Citation:
P. O’Neal, “Development and Verification of a Nuclear Forensics Methodology for the Attribution of Plutonium Using Data Science Methods”, Ph.D. Dissertation, Nuclear Engineering, Texas A&M University, College Station, TX (2024).
Abstract:
An advantage the global community has in preventing nuclear terrorism is the difficulty for a nonstate actor to procure special nuclear material (SNM). The regulation of SNM is essential in stymying adversaries. A nuclear forensics methodology, able to determine the provenance of SNM, like plutonium (Pu), will aid the international community in deterring nuclear smuggling. If Pu is recovered outside of regulatory control, an attribution capability would help inform conventional investigators. In both cases of theft and state hand-off of Pu, a guarantee that an offending party would be discovered and punished could force preemptive abandonment of any planned misdeeds. The goal of this research was to develop and verify a nuclear forensics methodology for attributing unknown separated Pu samples using machine learning techniques. The methodology needed to be capable of identifying the following three attributes: the reactor-type that produced the Pu sample, the burnup of the irradiated uranium fuel that produced the Pu sample, and the time since irradiation (TSI).
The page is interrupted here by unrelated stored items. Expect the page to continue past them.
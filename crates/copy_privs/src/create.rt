ghost use Rattle.std.specs.Prelude.{◌≡◌, ◌++◌, ◌∷◌, [], List};
ghost use Rattle.std.specs.List.{list_any};
ghost use Rattle.nfs_base.specs.Locations.{same_location};
ghost use Rattle.copy_privs.specs.declared.privilege.Privilege.{Privilege};
ghost use Rattle.copy_privs.specs.Create.{from_refusal, to_refusal, confirm_refusal, confirmation};
ghost use Rattle.copy_privs.specs.Further.{further};

use crate::peer::{is_location, is_peer};
use crate::{Peer, Privilege, confirm_matches};
use gss_mech::Mechanism;
use nfs_base::{NetLoc, PrivCause};

/// What a copy_confirm_auth comes with: the principal and the key of the context under which it is made, and
/// the privilege's code and user.
#[derive(Clone, Copy)]
pub struct Confirming<'a> {
    pub principal: &'a [u8],
    pub key: &'a [u8; 32],
    pub code: &'a [u8],
    pub user: &'a [u8],
}

/// Why a source refuses a copy_from_auth under a parent of this principal, if it does: `WrongUser` where the
/// user is another, else `WrongPeer` where the destination is none of the servers.
pub fn refuse_from(
    peers: &[Peer],
    principal: &[u8],
    destination: &NetLoc,
    user: &[u8],
) -> Option<PrivCause>
    ensures { result ≡ from_refusal peers.now principal.now destination.now user.now }
{
    if user != principal {
        return Some(PrivCause::WrongUser);
    }
    if !is_location(peers, destination) {
        return Some(PrivCause::WrongPeer);
    }
    None
}

/// Why a destination that copies from this source refuses a copy_to_auth under a parent of this principal, if
/// it does: `WrongUser` where the user is another, else `WrongPeer` where the source isn't among the places.
pub fn refuse_to(
    source: &NetLoc,
    principal: &[u8],
    sources: &[NetLoc],
    user: &[u8],
) -> Option<PrivCause>
    ensures { result ≡ to_refusal source.now principal.now sources.now user.now }
{
    if user != principal {
        return Some(PrivCause::WrongUser);
    }
    if !is_among(sources, source) {
        return Some(PrivCause::WrongPeer);
    }
    None
}

fn is_among(locations: &[NetLoc], location: &NetLoc) -> bool
    ensures { result ≡ list_any (λ l. same_location l location.now) locations.now }
{
    locations.iter().any(|l| l.is_same(location))
}

/// Why a source refuses a copy_confirm_auth, from why it does over the privileges that were seen so far
/// (`Unknown` over none), and one more that a live child carries.
pub fn refuse_confirm<M: Mechanism>(
    so_far: Option<PrivCause>,
    carried: &Privilege,
    peers: &[Peer],
    asked: &Confirming,
    mech: &M,
) -> Option<PrivCause>
    ensures { (seen : List Privilege) → so_far ≡ confirm_refusal M.mic_of peers.now (confirmation asked.now) seen → result ≡ confirm_refusal M.mic_of peers.now (confirmation asked.now) (seen ++ carried.now ∷ []) }
{
    further(so_far, refuse_one(carried, peers, asked, mech))
}

fn refuse_one<M: Mechanism>(
    carried: &Privilege,
    peers: &[Peer],
    asked: &Confirming,
    mech: &M,
) -> Option<PrivCause>
    ensures { result ≡ confirm_refusal M.mic_of peers.now (confirmation asked.now) (carried.now ∷ []) }
{
    match carried {
        Privilege::From {
            secret,
            destination,
            user,
        } => {
            if !confirm_matches(asked.code, secret.as_slice(), asked.key, mech) {
                return Some(PrivCause::NoMatch);
            }
            if user.as_slice() != asked.user {
                return Some(PrivCause::WrongUser);
            }
            if !is_peer(peers, asked.principal, destination) {
                return Some(PrivCause::WrongPeer);
            }
            None
        }
        Privilege::To { .. } | Privilege::Confirm { .. } => Some(PrivCause::Unknown),
    }
}

/// Of two answers the one whose tests went further.
fn further(first: Option<PrivCause>, second: Option<PrivCause>) -> Option<PrivCause>
    ensures { result ≡ further first second }
{
    match (first, second) {
        (None, _) | (_, None) => None,
        (Some(PrivCause::WrongPeer), _) | (_, Some(PrivCause::WrongPeer)) => {
            Some(PrivCause::WrongPeer)
        }
        (Some(PrivCause::WrongUser), _) | (_, Some(PrivCause::WrongUser)) => {
            Some(PrivCause::WrongUser)
        }
        (Some(PrivCause::NoMatch), _) | (_, Some(PrivCause::NoMatch)) => Some(PrivCause::NoMatch),
        (Some(PrivCause::Unknown), Some(PrivCause::Unknown)) => Some(PrivCause::Unknown),
    }
}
The methodology also needed to be robust enough to attribute samples that contain a mixture of Pu from multiple different reactor sources. A set of isotope ratios was used as the forensics signature and the training of the machine learning models utilized data from a library of Monte Carlo reactor neutronic and fuel burnup simulations. Lastly, the methodology needed to be validated by demonstrating that it could successfully attribute physical Pu samples.rnResearch proceeded in three main parts. First, machine learning models suitable for this application were identified, and were then trained and tested for attributing single reactor type Pu samples to assess feasibility. Second, the methodology was validated with a Pu sample separated from low enriched uranium dioxide (LEUO2) irradiated in a thermal neutron flux spectrum. Third, the machine learning methodology was adapted to attribute samples that were sourced from multiple reactor types. Additionally, a method for estimating the machine learning models’ prediction uncertainty that considered the Pu sample’s measurement uncertainty was investigated. Ultimately, all main objectives were successfully achieved. This is the first example in open literature of a methodology for attributing mixed reactor type Pu samples.